Last month, our R&D engineer Anas Albassit and director Sabri Skhiri travelled to Germany to attend and present at DEBS 2019, one of the most specialised conferences in Distributed Event-Based Systems. DEBS has a long history: from active databases to streaming engines, distributed publish-subscribe systems, etc. it has always been the pioneer of distributed and high-performance systems. In this article, Anas and Sabri share with us what they learned there and what struck them as particularly useful.

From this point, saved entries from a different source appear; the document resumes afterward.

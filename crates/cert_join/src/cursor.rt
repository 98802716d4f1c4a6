// A place in a certificate that is read line by line.
ghost use Rattle.std.specs.Prelude.{◌≡◌, ◌⊎◌, [], ◌∷◌, ◌<◌, ℕ, List, IsTrue, true, false, Some, None, Ok, MatchOption, length, drop, option_copied};
ghost use Rattle.cert_join.specs.Spot.{HasNoLine, IsBefore, IsLineSize, IsMark, IsPieceAt, IsReady, line_in, rewound, text_in};

use memchr::memchr;
use std::alloc::{AllocError, Global};
use std::marker::Model;

// A line has at most so many bytes, its line break aside.
const LONGEST: usize = 524_288;

/// Where a cursor stood.
#[derive(Clone, Copy, Debug, PartialEq, Eq)]
pub struct Mark {
    at: u64,
}

/// A certificate that is read line by line, and of which one piece is held.
#[derive(Drop)]
pub struct Cursor {
    // Where in the certificate the bytes begin that are read next.
    behind: u64,
    bytes: Vec<u8>,
    // Where in these the next line begins.
    at: usize,
    // So many bytes from there on hold no line break.
    searched: usize,
    // How long the next line is, once that is known.
    size: Option<usize>,
    // The certificate holds no more bytes.
    ended: bool,
}

// How long the last line is, where so many bytes are left and none of them is a line break.
fn last_size(ended: bool, left: usize) -> Option<usize>
    ensures { MatchOption result (IsTrue ended → left ≡ 0)
        (λ n. (n ≡ left) × IsTrue ended × (0 < n)) }
{
    if ended && left > 0 { Some(left) } else { None }
}

// Whether no next line can come where so many bytes are left without a line break: none that is not too long.
fn is_over(ended: bool, left: usize) -> bool
    ensures { result ≡ true → IsTrue ended ⊎ (LONGEST < left) }
{
    ended || left > LONGEST
}

impl Model for Cursor {
    ghost use Rattle.cert_join.specs.Spot.{Spot};

    ghost Value = { Spot };

    ghost use Rattle.cert_join.specs.Held.{spot_of, IsHeld};

    ghost view = { spot_of };

    ghost invariant = { IsHeld };
}

impl Cursor {
    /// At the certificate's beginning.
    pub fn new(alloc: Global) -> Self
        ensures { result ≡
            record { unread = []; behind = 0; ended = false; size = None } }
    {
        Cursor {
            behind: 0,
            bytes: Vec::new(alloc),
            at: 0,
            searched: 0,
            size: None,
            ended: false,
        }
    }

    // The bytes that were not passed.
    fn rest(&self) -> &[u8]
        ensures { result.now ≡ self.now.unread }
    {
        let at = self.at.min(self.bytes.len());
        let (_, rest) = self.bytes.split_at(at);
        rest
    }

    // How long the next line is, where its end is among the bytes held.
    fn size_of_next(&self) -> Option<usize>
        ensures { MatchOption result (HasNoLine self.now.unread self.now.ended)
            (IsLineSize self.now.unread self.now.ended) }
    {
        let at = self.at.min(self.bytes.len());
        let (_, rest) = self.bytes.split_at(at);
        let from = self.searched.min(rest.len());
        let (_, new) = rest.split_at(from);
        match memchr(b'\n', new) {
            Some(place) => Some(from + place),
            None => last_size(self.ended, rest.len()),
        }
    }

    /// Whether the next line is known, or that there is none.
    pub fn is_ready(&mut self) -> bool
        ensures same { self.new ≡ record self.old { size = self.new.size } }
        ensures ready { result ≡ true → IsReady self.new }
    {
        if let Some(_) = self.size {
            return true;
        }
        self.size = self.size_of_next();
        match self.size {
            Some(_) => true,
            None => {
                self.searched = self.rest().len();
                is_over(self.ended, self.searched)
            }
        }
    }

    /// The next line, once that is ready; none where there is none, or it is too long.
    pub fn line(&self) -> Option<&[u8]>
        ensures { option_copied result ≡ line_in self.now }
    {
        match self.size {
            Some(size) => {
                let rest = self.rest();
                let (line, _) = rest.split_at(size.min(rest.len()));
                Some(line)
            }
            None => None,
        }
    }

    /// The same where there is none as an empty line.
    pub fn text(&self) -> &[u8]
        ensures { result.now ≡ text_in self.now }
    {
        match self.line() {
            Some(line) => line,
            None => b"".as_slice(),
        }
    }

    /// Passes the next line, where that is known.
    pub fn pass(&mut self)
        ensures { (cert l : List ℕ) (ls : List (List ℕ)) → IsBefore cert (l ∷ ls) self.old →
            line_in self.old ≡ Some l → IsBefore cert ls self.new }
    {
        if let Some(size) = self.size {
            self.at = self.at.saturating_add(size).saturating_add(1);
            self.size = None;
            self.searched = 0;
        }
    }

    /// Where the bytes begin that are read next.
    pub fn place(&self) -> u64
        ensures { result ≡ self.now.behind }
    {
        self.behind
    }

    /// Takes the bytes that were read; none are the certificate's end.
    pub fn give(&mut self, piece: &[u8]) -> Result<(), AllocError>
        ensures { (cert : List ℕ) (ls : List (List ℕ)) → IsBefore cert ls self.old →
            IsPieceAt (drop self.old.behind cert) piece.now → result ≡ Ok (tt) →
            IsBefore cert ls self.new }
    {
        let passed = self.at.min(self.bytes.len());
        self.bytes.drain(..passed);
        self.at = 0;
        match self.bytes.extend_from_slice(piece) {
            Ok(()) => {}
            Err(error) => return Err(error),
        }
        self.behind = self.behind.saturating_add(piece.len() as u64);
        self.ended = piece.is_empty();
        self.size = None;
        Ok(())
    }

    /// Where the next line begins.
    pub fn mark(&self) -> Mark
        ensures { IsMark self.now result }
    {
        Mark {
            at: self.behind.saturating_sub(self.rest().len() as u64),
        }
    }

    /// Goes back to where it stood.
    pub fn rewind(&mut self, mark: Mark)
        ensures { self.new ≡ rewound mark }
    {
        self.bytes.clear();
        self.behind = mark.at;
        self.at = 0;
        self.searched = 0;
        self.size = None;
        self.ended = false;
    }
}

This edition focused around streaming language, scheduling, elasticity, distributed event processing, platform and middleware. Our R&D director Sabri Skhiri says: “For someone working in distributed computing and data management, DEBS is one of the major conferences with SIGMOD and VLDB. Even though it is quite small (80 participants vs 1000 for IEEE Big Data), this is a niche conference of experts from a small yet amazingly talented community of researchers. The keynotes were just great, with a good balance between pure research and industry. This conference tackling distributed computing and streaming is heaven for data scientists and architects like us!”
Tyler Akidau is the technical lead for the Data Processing Languages & Systems group at Google. He argues that, even though stream processing has gone from niche to mainstream, this is just the beginning. For him, the need for active exploration of new ideas is all the more pressing. Sabri reacts: “The stream has been there for 30 years. We have Spark, Flink, Dataflow, KStream, MSF Trill. But is it all we can do? Is there nothing to do anymore? Tyler Akidau brilliantly presented that stream processing as a field of research is alive and well.”
The talk was mainly about raising opened or partially opened questions in the streaming world.
Tyler Akidau concluded by pointing out that even though streaming systems are more capable and robust than ever, they often remain difficult to use, difficult to maintain, and difficult to understand.
[EDIT] Thank you Tyler for reaching out and for sharing your slide with us! They are available on the following link. If you would like to discuss more insights from the talk, do not hesitate to contact our researchers at email@example.com.
Hannaneh Najdataei, Researcher and PhD Student at the Chalmers University of Technology in Sweden, presented her framework STRETCH.
Anas explains: “The performance of a streaming engine depends on the throughput and latency of stateful analysis. To achieve the best performance, we need to process a large amount of data (i.e. to be scalable) while handling fluctuations in data rate (i.e. to be elastic). Distributed processing requires the ability to parallelise the processing elastically. Optimally, we should reduce the number of parallel operators when the workload decreases and add operators when more resources are needed. For stateful operators, elasticity reconfigurations require to redistribute the states according to the new cluster configuration (i.e. less or more operators). In this case, we need to find a tradeoff between a share-nothing and a share-all state architecture.”
Sabri adds: “The paper proposes STRECH, a virtual share-nothing parallelism concept that does not require state transfer. The idea is that all workers read the same sequence of input tuples through an intra-node streaming framework. What is surprising in this paper is the parallelism model: all workers get the same sequence of tuples to guarantee the deterministic execution of the stream. On the contrary, in streaming, you usually have a distribution of your tuples per key. Still, they have obtained impressive results matching the throughput and latency figures of the front of state-of-the-art solutions, while also achieving fast elastic reconfigurations.”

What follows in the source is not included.